• Problem:
Pull out every line below holding the word "RunChecked".

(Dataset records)
====================

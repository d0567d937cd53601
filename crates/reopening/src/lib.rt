// The table of the open records: their transactions and their entries, put into an empty table in the order of commit records.

#![tactic(auto)]

ghost use Rattle.std.specs.Prelude.{◌≡◌, set};
ghost use Rattle.rules.specs.Table.{with_enlistments};
ghost use Rattle.rules.specs.Restart.{reopened, reenlistment};
ghost use Rattle.log_reader.specs.Reading.{entry_at, entries_at};
ghost use Rattle.open_records.specs.Opening.{open_at, opens_of};
ghost use Rattle.reopening.specs.Reopened.{transactions_put, entries_put, enlistments_put};

use open_records::OpenRecords;
use rules::{
    Enlistment, RmId, Table, Transaction, TxId, enlistment_state, kinds, marks, sizes,
    transaction_state,
};

fn transaction_of(log: &[u8], at: usize) -> Transaction
    ensures { result ≡ reopened (open_at log.now at) }
{
    Transaction {
        id: TxId(log_reader::identifier_at(log, at)),
        state: transaction_state::COMMITTING,
    }
}

// Of entry j of the record at a place, whose transaction stands at place p.
fn enlistment_of(log: &[u8], at: usize, j: u8, p: u8) -> Enlistment
    ensures { result ≡ reenlistment p (entry_at log.now at j) }
{
    Enlistment {
        holder: p,
        rm: RmId(log_reader::manager_at(log, at, j)),
        number: log_reader::number_at(log, at, j),
        kind: kinds::DURABLE,
        mark: marks::NO,
        state: enlistment_state::FAILED_TO_NOTIFY,
    }
}

pub fn put_transactions(log: &[u8], records: OpenRecords, mut table: Table) -> Table
    ensures { result ≡ transactions_put (opens_of log.now records) table }
{
    for (i, at) in open_records::starts(&records).iter().enumerate() {
        table.transactions[i] = transaction_of(log, *at);
    }
    table
}

fn put_enlistment(mut table: Table, k: usize, e: Enlistment) -> Table
    ensures { result ≡ with_enlistments (set table.enlistments k e) table }
{
    if k < sizes::ENLISTMENTS {
        table.enlistments[k] = e;
    }
    table
}

fn put_entries(log: &[u8], at: usize, p: u8, k: u16, mut table: Table) -> Table
    ensures { result ≡ entries_put p (entries_at log.now at) k table }
{
    for j in 0..log_reader::entries_count(log, at) {
        let e = enlistment_of(log, at, j, p);
        table = put_enlistment(table, (k as usize) + (j as usize), e);
    }
    table
}

pub fn put_enlistments(log: &[u8], records: OpenRecords, mut table: Table) -> Table
    ensures { result ≡ enlistments_put (opens_of log.now records) table }
{
    let mut k: u16 = 0;
    for (i, at) in open_records::starts(&records).iter().enumerate() {
        let p = (i + 1) as u8;
        table = put_entries(log, *at, p, k, table);
        k += log_reader::entries_count(log, *at) as u16;
    }
    table
}
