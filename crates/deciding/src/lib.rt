// Commit, from its first phase to the decision.

#![tactic(auto)]

ghost use Rattle.std.specs.Prelude.{◌≡◌, ◌&&◌, List, ℕ, eqb};
ghost use Rattle.rules.specs.TransactionState as transaction;
ghost use Rattle.rules.specs.Table.{held, id_at, go_to, change_held, in_state};
ghost use Rattle.rules.specs.Signals.{to_each, row_of};
ghost use Rattle.rules.specs.Events.{quietly, saying, append, commit_record, commit_signals, committed_of, committing, lacks_room, decide_of, start_phase_one, commit_of};
ghost use Rattle.holdings.specs.Holdings.{alone, Placed, going};
ghost use Rattle.endings.specs.Gives.{Gives, Ready};

use endings::Accepted;
use holdings::Holding;
use rules::{Name, Signals, enlistment_state, kinds, sizes, transaction_state};

// For a commit record of n entries, and the forget records of this transaction and of the open ones. Those of the others are off the capacity already.
fn lacks_room(h: Holding, n: u8) -> bool
    requires { Placed h.place }
    ensures { result ≡ lacks_room n (alone h) }
{
    let open = passes::more(0, holdings::is_open(h));
    let needs = sizes::RECORD + sizes::ENTRY * (n as u32) + sizes::RECORD * (1 + (open as u32));
    h.capacity.saturating_sub(h.used) < needs
}

fn committing(h: Holding) -> Holding
    ensures { result ≡ going transaction.committing committed_of h }
{
    holdings::change_and_go(h, passes::committed, transaction_state::COMMITTING)
}

fn commit_signals(h: Holding) -> Signals
    ensures { result ≡ row_of (commit_signals (held h.place (alone h))) }
{
    signals::to_each_and_app(
        h,
        |e| e.state == enlistment_state::PREPARED,
        Name::Commit,
        Name::AppCommitted,
    )
}

fn commit_unlogged(h: Holding) -> Accepted
    ensures { (log : List ℕ) → Gives h.place (saying (commit_signals (held h.place (alone h))) (quietly (committing h.place (alone h)) log)) result log }
{
    Accepted {
        holding: committing(h),
        signals: commit_signals(h),
    }
}

fn commit_logged(h: Holding, log: &mut [u8]) -> Accepted
    requires { Ready h }
    ensures { Gives h.place
        (saying (commit_signals (held h.place (alone h))) (append (commit_record (id_at h.place (alone h)) (held h.place (alone h))) (committing h.place (alone h)) log.old))
        result log.new }
{
    let entries = signals::line_up(h, |e| e.kind == kinds::DURABLE);
    let told = committing(h);
    let size = log_writer::put_commit(log, told.used, h.transaction.id.0, entries);
    Accepted {
        holding: holdings::use_more(told, size),
        signals: commit_signals(h),
    }
}

pub fn decide(h: Holding, log: &mut [u8]) -> Accepted
    requires { Ready h }
    ensures { Gives h.place (decide_of h.place (alone h) log.old) result log.new }
{
    let census = holdings::count(h);
    if census.held == 0 {
        endings::end_with(h, Name::AppCommitted, log)
    } else if census.durable == 0 {
        commit_unlogged(h)
    } else if lacks_room(h, census.durable) {
        endings::abort(h, log)
    } else {
        commit_logged(h, log)
    }
}

// Each that it holds is told the same and goes to the same state.
fn all_go(h: Holding, name: Name, each: u8, state: u8) -> Accepted
    ensures { (log : List ℕ) → Gives h.place (saying (to_each name (held h.place (alone h))) (quietly (go_to h.place state (change_held h.place (in_state each) (alone h))) log)) result log }
{
    Accepted {
        holding: holdings::change_and_go(h, |e| passes::in_state(e, each), state),
        signals: signals::to_each(h, |_| true, name),
    }
}

fn is_single(held: u8, marked: u8) -> bool
    ensures { result ≡ (eqb held 1 && eqb marked held) }
{
    held == 1 && marked == held
}

pub fn start_phase_one(h: Holding, log: &mut [u8]) -> Accepted
    requires { Ready h }
    ensures { Gives h.place (start_phase_one h.place (alone h) log.old) result log.new }
{
    let census = holdings::count(h);
    if census.held == 0 {
        endings::end_with(h, Name::AppCommitted, log)
    } else if is_single(census.held, census.marked) {
        all_go(
            h,
            Name::Single,
            enlistment_state::ONE_PHASE,
            transaction_state::SINGLE_PHASE,
        )
    } else {
        all_go(
            h,
            Name::Prepare,
            enlistment_state::PREPARING,
            transaction_state::PHASE_ONE,
        )
    }
}

pub fn commit(h: Holding, log: &mut [u8]) -> Accepted
    requires { Ready h }
    ensures { Gives h.place (commit_of h.place (alone h) log.old) result log.new }
{
    let census = holdings::count(h);
    if census.phase_zero == 0 {
        return start_phase_one(h, log);
    }
    Accepted {
        holding: holdings::change_and_go(h, passes::zeroed, transaction_state::PHASE_ZERO),
        signals: signals::to_each(h, |e| e.kind == kinds::PHASE_ZERO, Name::Zero),
    }
}
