// The run service: a list run on a trace. All the judge's refusals come first, then the trace's 1 to 6, 14, and 15 for the two lent
// buffers; only then a byte is written.
#![tactic(auto)]

ghost use Rattle.run_service.specs.Runs.{RunChecked, RunAnswered};

use answers::{Check, Refusal};
use machine::Ran;

// All refusals of a run, in order.
fn check_run(table: &[u8], list: &[u8], trace: &[u8], values: &[u8], log: &[u8]) -> Check
    ensures { RunChecked table.now list.now trace.now values.now log.now result }
{
    judge_service::judge_list(table, list)?;
    trace::check_trace(trace)?;
    starting::check_starts(table, list, trace)?;
    let made = trace::value_count(trace) as usize + room_counts::build_count(list) as usize;
    type_service::check_room(values, 5 * made)?;
    type_service::check_room(log, 5 * room_counts::message_count(list) as usize)
}

// Runs a list on a trace: a refusal, or how it went.
pub fn run(
    table: &[u8],
    list: &[u8],
    trace: &[u8],
    values: &mut [u8],
    log: &mut [u8],
) -> Result<Ran, Refusal>
    ensures { RunAnswered table.now list.now trace.now values.old log.old values.new log.new result }
{
    check_run(table, list, trace, values, log)?;
    Ok(machine::run_statements(list, trace, values, log))
}
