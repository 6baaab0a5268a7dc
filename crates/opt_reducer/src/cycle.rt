//! The recursion over a tree, in place: parts first, then the node.

#![tactic(auto, using(ast_types::specs::Reading::shapes))]

ghost use Rattle.std.specs.Prelude.{◌≡◌, ◌&&◌, Bool, IfOk, IsTrue, OnOk, true, false};
ghost use Rattle.opt_base.specs.State.{progress};
ghost use Rattle.ast_types.specs.Reading.{arms_of, breaks, callee_of, cases_of, counter_of, expr_of, expressions_of, exprs_of, maybe_of, pairs_of, stmt_of, stmts_of, subject_of, table_of};
ghost use Rattle.theory_meaning.specs.Shape.{catch_name};
ghost use Rattle.theory_meaning.specs.Tree.{If};
ghost use Rattle.opt_lists.specs.Marks.{mark_of};
ghost use Rattle.opt_reducer.specs.Going.{ItemGoes, going};
ghost use Rattle.opt_reducer.specs.Parts.{StmtOnce, record_of};
ghost use Rattle.opt_base.specs.Places.{place_of};
ghost use Rattle.rhai_ast.specs.Nodes.{is_dot};
ghost use Rattle.theory_rewriting.specs.Context.{Inside};
ghost use Rattle.theory_rewriting.specs.Evals.{keeps_names};
ghost use Rattle.theory_rewriting.specs.Steps.{Anywhere, ExprRun, ExprsRun, PairsRun, MaybeRun, SidesRun, LinkRun, StepsRun, ArgumentRun, TargetRun, LoopRun, ArmRun, ArmsRun, SubjectRun, HasReducedSubject, ForRun, AssignRun, TryRun, is_chain_node, ExprPartsRun, StmtRun, StmtPartsRun, EachRun, ListRun, StmtsRun};

use crate::blocks::flatten;
use crate::leaf::is_leaf;
use crate::lists::{note, sweep_before, sweep_list};
use crate::names::{are_known_at, declare, push_catch_name, push_loop_names};
use base_engine::EngineInfo;
use bitflags::Flags;
use opt_lists::{ListMark, is_wanted_at};
use opt_rules::{OptimizerState, Place, decide_stmt, reduce_expr, reduce_stmt};
use rhai_ast::{
    BinaryExpr, ChainType, Expr, FlowControl, FnCallExpr, Stmt, StmtBlock, SwitchBlock,
    SwitchCasesCollection,
};
use rhai_base::{ASTFlags, Boxed, Dynamic, Ident, OpAssignment, OutOfMemory, Seq, StringMap};
use std::alloc::Global;
use std::num::NonZeroUsize;

/// What scripts are optimised with.
#[derive(Drop)]
pub struct Optimizer<'a> {
    /// Where nodes are made.
    pub alloc: Global,
    /// The engine's record.
    pub info: &'a EngineInfo,
}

====================

• Response to this exercise:
ghost use Rattle.run_service.specs.Runs.{RunChecked, RunAnswered};
    ensures { RunChecked table.now list.now trace.now values.now log.now result }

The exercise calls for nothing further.